→ The task
The job is to find each line of the records below that includes the word "offset" and copy it.

Stored items
■ ■ ■ ■ ■ ■ ■

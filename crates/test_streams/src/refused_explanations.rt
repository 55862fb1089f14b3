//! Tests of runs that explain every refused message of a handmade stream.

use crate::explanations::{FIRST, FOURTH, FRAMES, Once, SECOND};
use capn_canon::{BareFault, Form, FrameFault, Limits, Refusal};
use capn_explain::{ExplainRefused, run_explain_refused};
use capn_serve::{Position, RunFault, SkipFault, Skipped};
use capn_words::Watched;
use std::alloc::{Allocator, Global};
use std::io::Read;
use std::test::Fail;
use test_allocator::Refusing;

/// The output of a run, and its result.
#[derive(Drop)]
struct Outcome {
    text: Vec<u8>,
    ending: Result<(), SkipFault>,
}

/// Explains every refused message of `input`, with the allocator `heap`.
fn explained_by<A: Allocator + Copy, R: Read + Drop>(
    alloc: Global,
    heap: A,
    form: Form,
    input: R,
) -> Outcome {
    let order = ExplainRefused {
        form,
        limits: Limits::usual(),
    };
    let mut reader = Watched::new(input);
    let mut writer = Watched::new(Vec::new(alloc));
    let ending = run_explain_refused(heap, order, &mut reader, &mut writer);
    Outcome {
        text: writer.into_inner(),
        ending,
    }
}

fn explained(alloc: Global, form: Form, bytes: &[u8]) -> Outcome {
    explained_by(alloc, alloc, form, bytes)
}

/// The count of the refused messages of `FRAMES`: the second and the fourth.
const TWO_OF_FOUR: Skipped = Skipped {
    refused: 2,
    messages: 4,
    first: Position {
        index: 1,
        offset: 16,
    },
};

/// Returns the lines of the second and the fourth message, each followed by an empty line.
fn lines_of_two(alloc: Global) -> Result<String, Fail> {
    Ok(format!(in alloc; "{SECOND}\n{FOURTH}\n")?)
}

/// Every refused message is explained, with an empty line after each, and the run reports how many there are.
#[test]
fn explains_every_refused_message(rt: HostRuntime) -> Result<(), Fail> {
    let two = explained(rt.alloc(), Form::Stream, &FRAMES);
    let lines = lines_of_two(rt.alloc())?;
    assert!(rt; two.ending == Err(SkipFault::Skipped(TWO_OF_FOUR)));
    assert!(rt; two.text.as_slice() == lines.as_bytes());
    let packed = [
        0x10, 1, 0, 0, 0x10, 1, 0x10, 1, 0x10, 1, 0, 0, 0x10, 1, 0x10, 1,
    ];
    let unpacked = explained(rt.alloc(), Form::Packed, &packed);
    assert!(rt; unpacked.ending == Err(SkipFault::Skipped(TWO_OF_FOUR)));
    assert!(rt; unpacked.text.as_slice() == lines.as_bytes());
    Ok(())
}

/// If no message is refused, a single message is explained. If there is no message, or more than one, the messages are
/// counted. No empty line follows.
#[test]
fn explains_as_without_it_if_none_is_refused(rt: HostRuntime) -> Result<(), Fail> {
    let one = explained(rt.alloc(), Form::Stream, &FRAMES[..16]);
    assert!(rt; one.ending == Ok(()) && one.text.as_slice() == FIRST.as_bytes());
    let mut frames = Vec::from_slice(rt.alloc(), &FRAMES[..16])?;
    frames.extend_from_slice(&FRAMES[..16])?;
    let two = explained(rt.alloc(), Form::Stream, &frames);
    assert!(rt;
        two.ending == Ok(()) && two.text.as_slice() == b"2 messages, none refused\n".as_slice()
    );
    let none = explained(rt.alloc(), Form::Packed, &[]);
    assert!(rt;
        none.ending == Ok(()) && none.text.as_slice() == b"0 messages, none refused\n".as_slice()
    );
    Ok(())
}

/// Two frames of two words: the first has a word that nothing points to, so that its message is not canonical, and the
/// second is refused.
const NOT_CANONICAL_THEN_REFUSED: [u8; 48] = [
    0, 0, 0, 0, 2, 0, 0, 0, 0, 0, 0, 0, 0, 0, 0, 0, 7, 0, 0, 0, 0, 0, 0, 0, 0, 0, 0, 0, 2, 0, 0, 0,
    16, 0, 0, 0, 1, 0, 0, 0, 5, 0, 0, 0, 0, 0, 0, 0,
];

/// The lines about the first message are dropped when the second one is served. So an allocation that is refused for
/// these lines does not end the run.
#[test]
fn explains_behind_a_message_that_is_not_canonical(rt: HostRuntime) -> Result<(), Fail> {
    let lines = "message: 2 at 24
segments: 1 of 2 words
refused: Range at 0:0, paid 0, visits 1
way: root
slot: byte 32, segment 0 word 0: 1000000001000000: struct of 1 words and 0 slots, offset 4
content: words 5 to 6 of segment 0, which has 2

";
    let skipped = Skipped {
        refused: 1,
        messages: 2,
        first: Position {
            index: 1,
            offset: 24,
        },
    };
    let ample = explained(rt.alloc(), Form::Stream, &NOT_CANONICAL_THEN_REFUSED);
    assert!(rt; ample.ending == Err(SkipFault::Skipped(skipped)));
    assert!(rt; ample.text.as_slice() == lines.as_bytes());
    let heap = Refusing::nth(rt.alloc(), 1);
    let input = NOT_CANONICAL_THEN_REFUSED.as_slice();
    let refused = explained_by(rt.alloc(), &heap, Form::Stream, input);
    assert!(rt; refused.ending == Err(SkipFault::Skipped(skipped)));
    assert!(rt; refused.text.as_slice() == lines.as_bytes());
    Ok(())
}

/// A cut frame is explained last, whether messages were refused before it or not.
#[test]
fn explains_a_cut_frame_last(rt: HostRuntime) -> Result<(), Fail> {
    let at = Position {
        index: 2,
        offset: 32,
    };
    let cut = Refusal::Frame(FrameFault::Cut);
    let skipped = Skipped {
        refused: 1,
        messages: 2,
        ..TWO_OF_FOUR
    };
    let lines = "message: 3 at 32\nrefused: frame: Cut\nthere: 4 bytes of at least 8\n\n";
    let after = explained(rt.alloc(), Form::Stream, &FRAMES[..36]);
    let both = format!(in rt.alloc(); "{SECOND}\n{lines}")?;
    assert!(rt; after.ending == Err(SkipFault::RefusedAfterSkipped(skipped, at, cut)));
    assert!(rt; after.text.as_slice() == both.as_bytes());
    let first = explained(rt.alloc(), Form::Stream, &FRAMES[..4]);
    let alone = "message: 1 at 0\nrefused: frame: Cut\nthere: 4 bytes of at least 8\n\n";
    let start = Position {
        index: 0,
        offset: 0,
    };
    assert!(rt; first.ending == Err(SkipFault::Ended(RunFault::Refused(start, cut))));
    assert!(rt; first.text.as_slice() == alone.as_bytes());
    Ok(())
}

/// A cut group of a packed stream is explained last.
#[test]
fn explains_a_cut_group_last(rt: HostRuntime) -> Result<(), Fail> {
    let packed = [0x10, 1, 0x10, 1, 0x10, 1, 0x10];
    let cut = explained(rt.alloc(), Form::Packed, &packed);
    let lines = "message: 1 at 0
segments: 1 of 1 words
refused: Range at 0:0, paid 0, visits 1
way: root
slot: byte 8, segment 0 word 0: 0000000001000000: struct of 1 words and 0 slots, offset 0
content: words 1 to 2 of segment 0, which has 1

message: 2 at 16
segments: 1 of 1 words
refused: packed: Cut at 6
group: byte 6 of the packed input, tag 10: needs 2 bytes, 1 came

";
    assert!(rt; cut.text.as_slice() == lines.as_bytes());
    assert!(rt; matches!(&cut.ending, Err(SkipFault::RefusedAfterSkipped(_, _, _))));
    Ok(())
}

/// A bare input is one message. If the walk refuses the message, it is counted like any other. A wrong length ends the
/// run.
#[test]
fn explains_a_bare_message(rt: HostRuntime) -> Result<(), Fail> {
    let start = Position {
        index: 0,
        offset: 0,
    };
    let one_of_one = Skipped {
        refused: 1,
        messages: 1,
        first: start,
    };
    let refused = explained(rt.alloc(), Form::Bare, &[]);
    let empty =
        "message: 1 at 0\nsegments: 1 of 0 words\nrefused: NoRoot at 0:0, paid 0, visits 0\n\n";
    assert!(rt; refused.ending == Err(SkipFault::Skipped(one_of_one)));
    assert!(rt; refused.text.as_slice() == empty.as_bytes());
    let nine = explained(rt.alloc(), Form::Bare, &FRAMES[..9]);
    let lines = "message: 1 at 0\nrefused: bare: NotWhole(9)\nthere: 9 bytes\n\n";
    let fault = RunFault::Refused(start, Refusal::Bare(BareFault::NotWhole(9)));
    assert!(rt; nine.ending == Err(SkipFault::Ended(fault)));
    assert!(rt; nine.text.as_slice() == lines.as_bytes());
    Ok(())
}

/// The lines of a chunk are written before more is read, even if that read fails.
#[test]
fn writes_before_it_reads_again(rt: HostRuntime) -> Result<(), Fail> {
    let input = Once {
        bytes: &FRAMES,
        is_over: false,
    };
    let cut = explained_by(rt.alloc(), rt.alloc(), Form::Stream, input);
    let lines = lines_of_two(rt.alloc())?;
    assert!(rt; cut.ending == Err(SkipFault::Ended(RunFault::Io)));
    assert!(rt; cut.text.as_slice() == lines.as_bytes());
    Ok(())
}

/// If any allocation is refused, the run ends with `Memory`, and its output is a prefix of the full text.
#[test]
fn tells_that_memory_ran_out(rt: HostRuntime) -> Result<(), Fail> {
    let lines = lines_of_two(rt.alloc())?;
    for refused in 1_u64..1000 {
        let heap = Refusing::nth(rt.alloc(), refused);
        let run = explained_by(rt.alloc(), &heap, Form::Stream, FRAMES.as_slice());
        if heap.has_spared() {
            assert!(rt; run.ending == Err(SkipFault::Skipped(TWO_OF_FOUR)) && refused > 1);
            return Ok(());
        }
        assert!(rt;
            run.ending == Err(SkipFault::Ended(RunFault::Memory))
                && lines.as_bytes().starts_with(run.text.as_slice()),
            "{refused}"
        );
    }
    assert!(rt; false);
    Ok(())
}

■ ■ ■ ■ ■ ■ ■

→ Solution to this exercise
        offset: 16,
slot: byte 32, segment 0 word 0: 1000000001000000: struct of 1 words and 0 slots, offset 4
            offset: 24,
        offset: 32,
        offset: 0,
slot: byte 8, segment 0 word 0: 0000000001000000: struct of 1 words and 0 slots, offset 0
        offset: 0,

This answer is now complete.